§ Listed entries:
..............................
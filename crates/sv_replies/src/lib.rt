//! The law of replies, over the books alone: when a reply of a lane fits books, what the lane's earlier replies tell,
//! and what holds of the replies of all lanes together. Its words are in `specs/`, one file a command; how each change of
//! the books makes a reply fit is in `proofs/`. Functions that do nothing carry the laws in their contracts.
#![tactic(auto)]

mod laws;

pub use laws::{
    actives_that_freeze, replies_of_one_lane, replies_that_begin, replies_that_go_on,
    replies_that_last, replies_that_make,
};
..............................
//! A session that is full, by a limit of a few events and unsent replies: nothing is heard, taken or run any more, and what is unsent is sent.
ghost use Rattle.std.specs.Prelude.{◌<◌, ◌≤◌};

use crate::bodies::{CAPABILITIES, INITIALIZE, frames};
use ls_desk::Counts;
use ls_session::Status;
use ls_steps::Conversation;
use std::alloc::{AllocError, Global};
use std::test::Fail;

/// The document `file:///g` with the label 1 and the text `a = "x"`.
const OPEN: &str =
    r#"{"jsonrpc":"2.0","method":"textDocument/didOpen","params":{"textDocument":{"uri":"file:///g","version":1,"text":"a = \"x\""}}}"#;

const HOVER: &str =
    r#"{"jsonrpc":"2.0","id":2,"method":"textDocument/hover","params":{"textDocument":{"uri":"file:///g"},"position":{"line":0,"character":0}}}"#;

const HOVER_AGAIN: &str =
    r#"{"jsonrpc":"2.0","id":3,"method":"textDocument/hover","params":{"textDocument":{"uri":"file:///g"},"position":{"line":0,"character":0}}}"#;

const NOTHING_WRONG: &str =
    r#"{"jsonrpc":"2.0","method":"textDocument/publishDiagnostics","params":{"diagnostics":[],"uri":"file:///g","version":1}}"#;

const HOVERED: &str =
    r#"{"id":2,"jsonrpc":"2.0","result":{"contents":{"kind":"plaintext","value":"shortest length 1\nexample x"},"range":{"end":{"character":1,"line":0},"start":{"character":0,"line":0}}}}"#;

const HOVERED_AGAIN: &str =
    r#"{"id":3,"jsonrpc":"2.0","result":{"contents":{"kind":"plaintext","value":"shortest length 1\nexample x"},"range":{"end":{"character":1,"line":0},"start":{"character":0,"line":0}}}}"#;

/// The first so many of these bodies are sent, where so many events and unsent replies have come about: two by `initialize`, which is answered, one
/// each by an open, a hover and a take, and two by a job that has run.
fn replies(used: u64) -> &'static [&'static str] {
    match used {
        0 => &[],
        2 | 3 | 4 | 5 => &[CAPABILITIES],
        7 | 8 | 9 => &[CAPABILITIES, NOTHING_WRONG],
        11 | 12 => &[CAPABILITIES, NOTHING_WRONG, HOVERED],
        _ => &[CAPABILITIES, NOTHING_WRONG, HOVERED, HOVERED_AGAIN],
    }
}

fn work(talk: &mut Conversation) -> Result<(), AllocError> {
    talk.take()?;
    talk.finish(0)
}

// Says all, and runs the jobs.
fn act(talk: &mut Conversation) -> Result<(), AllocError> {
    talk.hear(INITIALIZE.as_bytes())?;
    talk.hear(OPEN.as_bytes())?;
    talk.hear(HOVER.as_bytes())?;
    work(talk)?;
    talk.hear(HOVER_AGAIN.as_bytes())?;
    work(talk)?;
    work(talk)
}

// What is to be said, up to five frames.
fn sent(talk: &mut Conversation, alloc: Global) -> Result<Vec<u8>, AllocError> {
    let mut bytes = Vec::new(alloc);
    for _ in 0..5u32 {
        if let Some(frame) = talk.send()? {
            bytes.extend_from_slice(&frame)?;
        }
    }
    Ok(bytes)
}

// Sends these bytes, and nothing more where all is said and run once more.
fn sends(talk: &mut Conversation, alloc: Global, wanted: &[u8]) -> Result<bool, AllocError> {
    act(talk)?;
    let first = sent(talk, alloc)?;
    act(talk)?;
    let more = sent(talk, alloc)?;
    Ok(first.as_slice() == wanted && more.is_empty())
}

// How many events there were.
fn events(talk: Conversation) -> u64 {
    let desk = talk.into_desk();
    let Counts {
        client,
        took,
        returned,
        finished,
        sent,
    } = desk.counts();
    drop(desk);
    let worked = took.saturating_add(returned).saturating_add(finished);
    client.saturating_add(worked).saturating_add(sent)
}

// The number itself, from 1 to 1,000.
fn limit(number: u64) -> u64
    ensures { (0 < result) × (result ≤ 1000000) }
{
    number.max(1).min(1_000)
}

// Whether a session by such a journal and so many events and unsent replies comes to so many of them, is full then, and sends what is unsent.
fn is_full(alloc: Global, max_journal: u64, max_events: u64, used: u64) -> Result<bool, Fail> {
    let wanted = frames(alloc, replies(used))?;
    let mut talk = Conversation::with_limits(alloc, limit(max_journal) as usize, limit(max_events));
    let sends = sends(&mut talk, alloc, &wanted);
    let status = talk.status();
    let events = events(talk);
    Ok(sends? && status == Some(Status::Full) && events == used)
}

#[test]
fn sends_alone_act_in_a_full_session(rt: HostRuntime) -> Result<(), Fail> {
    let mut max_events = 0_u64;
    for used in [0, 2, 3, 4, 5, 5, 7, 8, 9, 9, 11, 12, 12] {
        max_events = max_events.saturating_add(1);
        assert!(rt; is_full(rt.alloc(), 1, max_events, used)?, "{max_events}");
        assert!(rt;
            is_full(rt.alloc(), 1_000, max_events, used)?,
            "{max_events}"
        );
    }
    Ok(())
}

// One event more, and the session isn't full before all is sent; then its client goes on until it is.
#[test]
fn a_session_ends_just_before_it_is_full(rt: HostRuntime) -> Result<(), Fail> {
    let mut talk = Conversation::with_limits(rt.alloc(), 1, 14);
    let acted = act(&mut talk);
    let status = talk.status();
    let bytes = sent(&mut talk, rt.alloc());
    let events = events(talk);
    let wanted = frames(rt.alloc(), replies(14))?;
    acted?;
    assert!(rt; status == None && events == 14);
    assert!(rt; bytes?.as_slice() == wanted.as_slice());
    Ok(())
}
..............................
§ Task to carry out:
Copy only this part of the entries above: the line with "const NOTHING_WRONG: &str", the line with "that has run.", and the lines between, all exactly as written.

§ Your response:
const NOTHING_WRONG: &str =
    r#"{"jsonrpc":"2.0","method":"textDocument/publishDiagnostics","params":{"diagnostics":[],"uri":"file:///g","version":1}}"#;

const HOVERED: &str =
    r#"{"id":2,"jsonrpc":"2.0","result":{"contents":{"kind":"plaintext","value":"shortest length 1\nexample x"},"range":{"end":{"character":1,"line":0},"start":{"character":0,"line":0}}}}"#;

const HOVERED_AGAIN: &str =
    r#"{"id":3,"jsonrpc":"2.0","result":{"contents":{"kind":"plaintext","value":"shortest length 1\nexample x"},"range":{"end":{"character":1,"line":0},"start":{"character":0,"line":0}}}}"#;

/// The first so many of these bodies are sent, where so many events and unsent replies have come about: two by `initialize`, which is answered, one
/// each by an open, a hover and a take, and two by a job that has run.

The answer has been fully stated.